L’histoire postérieure des papes est compliquée, et (litote !) pas toujours édifiante. Ils ont mené pendant des siècles un bras de fer avec le pouvoir politique des empereurs, puis des rois. Non sans être contaminés par l’Etat et se modeler sur ses méthodes, dans le morceau d’Italie où ils étaient aussi souverains temporels, et en influençant les autres Etats de la chrétienté. Tout ceci appartient au passé.

Mais la primauté spirituelle du pape l’oblige à exercer certaines fonctions. Et, soit dit en passant, à démissionner quand il n’est plus en état de le faire. Il n’est pas une personne sacrée, mais un évêque à qui il incombe d’assurer l’unité de l’Eglise universelle dans la même foi. Cette foi n’est pas la ligne d’un parti, mais un dépôt qu’il a reçu et doit transmettre fidèlement. Il n’est donc pas libre de faire ce qu’il veut. Au fond, il n’a aucun pouvoir. Pas seulement aucune division blindée, comme disait Staline. Il n’a d’autorité que sur ceux qui la lui reconnaissent librement. Il ne se prend même pas pour le chef de l’Eglise, il sait que le seul chef en est le Christ. Un métier de chien, donc : un travail et une responsabilité écrasants, pas de retraite, pas de promotion. De nos jours, il est tout juste bon à se faire moquer. On comprend qu’au conclave, les cardinaux rasent les murs. Et que ceux dont on parle trop avant sont rarement élus.

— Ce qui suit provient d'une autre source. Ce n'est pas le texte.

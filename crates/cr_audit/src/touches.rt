//! The touches that a log proves, found node by node.

ghost use Rattle.std.specs.Prelude.{◌≡◌, ◌⊎◌, ◌↔◌, ◌≤◌, true, false, ℕ, List, length, Contains, IsTrue, IfOk};
ghost use Rattle.std.specs.List.Sorted.{IsStrictlySortedBy};
ghost use Rattle.cr_row.specs.Rows.{rounds};
ghost use Rattle.cr_model.specs.Problems.{ProblemParts};
ghost use Rattle.cr_model.specs.Callings.{HasSteps, head_of};
ghost use Rattle.cr_model.specs.Books.{book_order};
ghost use Rattle.cr_model.specs.Nodes.{IsValid};
ghost use Rattle.cr_model.specs.OneTurn.{touch_of};
ghost use Rattle.cr_model.specs.Queries.{repeated};
ghost use Rattle.cr_model.specs.Touches.{Kept};
ghost use Rattle.cr_audit.specs.Dues.{is_open};
ghost use Rattle.cr_audit.specs.Paths.{IsOpen};
ghost use Rattle.cr_audit.specs.Touched.{AreTouches, callings};

use crate::differing::Marks;
use crate::judging::is_too_short;
use crate::keeping::is_kept;
use crate::limits::in_parts;
use crate::path::{Path, last_row};
use crate::verdict::Verdict;
use cr_model::laws::joined_callings_multiply;
use cr_model::{Calling, Problem};
use cr_row::{NoMemory, Row, change_of_a_row, rounds_is_neutral};
use std::alloc::Global;
use std::collections::BTreeSet;

/// A touch: its steps, and how many changes they have. Touches stand in the order of the book.
#[derive(PartialEq, Eq, PartialOrd, Ord, Drop)]
pub struct Touch {
    pub length: u64,
    pub steps: Vec<u8>,
}

/// How many touches there are.
pub fn count(touches: &BTreeSet<Touch>) -> u64
    ensures is { result ≡ length touches.now.keys }
    ensures ascending { (p : ProblemParts) → AreTouches p touches.now.keys → IsStrictlySortedBy (book_order p) (callings touches.now.keys) }
{
    touches.len() as u64
}

/// Whether a verdict opens its node.
pub fn opens(why: Verdict) -> bool
    ensures { result ≡ is_open why }
{
    why == Verdict::Open
}

/// Adds the touch of an open path's node where it is kept. Err where no memory is left.
pub fn keep(
    alloc: Global,
    problem: &Problem,
    marks: &mut Marks,
    path: &Path,
    touches: &mut BTreeSet<Touch>,
) -> Result<(), NoMemory>
    requires open { IsOpen problem.now path.now }
    requires touches { AreTouches problem.now touches.old.keys }
    requires valid { IsValid problem.now path.now.node.items }
    ensures touches { IfOk result (λ _. AreTouches problem.now touches.new.keys) }
    ensures found { IfOk result (λ _. (calling : List ℕ) → Contains (callings touches.new.keys) calling
        ↔ (Contains (callings touches.old.keys) calling ⊎ ((calling ≡ touch_of problem.now path.now.node.items) × Kept problem.now calling))) }
{
    if !may_be_kept(problem, path) {
        return Ok(());
    }
    let touch = touch_of(alloc, problem, &path.node)?;
    if is_kept(alloc, problem, marks, path, &touch)? {
        add(alloc, problem, &touch, touches)
    } else {
        Ok(())
    }
}

// Whether the touch of the path's node is long enough and ends in rounds.
fn may_be_kept(problem: &Problem, path: &Path) -> bool
    requires { IsOpen problem.now path.now }
    ensures round { result ≡ true → head_of problem.now (touch_of problem.now path.now.node.items) ≡ rounds problem.now.stage }
    ensures never { result ≡ false → Kept problem.now (touch_of problem.now path.now.node.items) → ⊥ }
{
    is_long_enough(problem, path) && comes_round(problem, path)
}

fn is_long_enough(problem: &Problem, path: &Path) -> bool
    requires { IsOpen problem.now path.now }
    ensures { result ≡ false → Kept problem.now (touch_of problem.now path.now.node.items) → ⊥ }
{
    let length = in_parts(problem.parts(), u128::from(path.rows.len() as u64));
    !is_too_short(problem.query(), length)
}

fn comes_round(problem: &Problem, path: &Path) -> bool
    requires { IsOpen problem.now path.now }
    ensures { IsTrue result ↔ (head_of problem.now (touch_of problem.now path.now.node.items) ≡ rounds problem.now.stage) }
{
    change_of_a_row();
    rounds_is_neutral();
    let stage = problem.stage();
    let head = last_row(&path.rows, stage);
    is_row(touch_head(head, problem.parts()), Row::rounds(stage))
}

// The head of so many parts, each with this head.
fn touch_head(part: Row, parts: u64) -> Row
    requires { 1 ≤ parts }
    ensures { (p : ProblemParts) (node : List ℕ) → part ≡ head_of p node → result ≡ head_of p (repeated parts node) }
{
    joined_callings_multiply();
    let mut head = part;
    for _more in 1..parts {
        head = head.times(&part);
    }
    head
}

#[tactic(auto, using(crate::proofs::Powers::same_rows))]
fn is_row(row: Row, other: Row) -> bool
    ensures { IsTrue result ↔ (row ≡ other) }
{
    row == other
}

// The touch of a node: its steps as often as the query has parts.
fn touch_of(alloc: Global, problem: &Problem, node: &[u8]) -> Result<Calling, NoMemory>
    requires { IsValid problem.now node.now }
    ensures is { IfOk result (λ calling. calling ≡ touch_of problem.now node.now) }
    ensures known { HasSteps problem.now (touch_of problem.now node.now) }
{
    Calling::repeated(alloc, node, problem.parts() as usize)
}

// Adds a touch.
fn add(
    alloc: Global,
    problem: &Problem,
    touch: &Calling,
    touches: &mut BTreeSet<Touch>,
) -> Result<(), NoMemory>
    requires steps { HasSteps problem.now touch.now }
    requires touches { AreTouches problem.now touches.old.keys }
    ensures touches { IfOk result (λ _. AreTouches problem.now touches.new.keys) }
    ensures found { IfOk result (λ _. (calling : List ℕ) → Contains (callings touches.new.keys) calling
        ↔ (Contains (callings touches.old.keys) calling ⊎ (calling ≡ touch.now))) }
{
    let length = problem.length_of(touch);
    let steps = touch.steps().to_vec(alloc)?;
    touches.insert(Touch { length, steps })?;
    Ok(())
}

Quant à l’identité du prochain pape, je n’en ai aucune idée, et je n’ai aucun souhait. C’est le job des cardinaux et du Saint-Esprit. En revanche, une chose est sûre à cent pour cent : ou il sera italien, ou il ne le sera pas. Depuis Jean Paul II, on s’est habitué à des papes non italiens. Si donc le prochain pape ne l’est pas, on soupirera que c’est du réchauffé. S’il l’est, on criera au retour en arrière, au repli sur soi, à la réaction, etc. Mais pour être évêque de Rome, faut-il s’étonner qu’on préfère un Italien ? Au Moyen Age, cela ne comptait guère, mais depuis les Temps Modernes et la montée de l’idée de nation, on y pense. Mettons-nous à la place des Romains et imaginons un étranger archevêque de Paris. Serait-il mieux accueilli qu’un plombier polonais ?

Par Remi Brague, professeur de philosophie aux universités de Paris et de Munich, membre de l’Institut de France.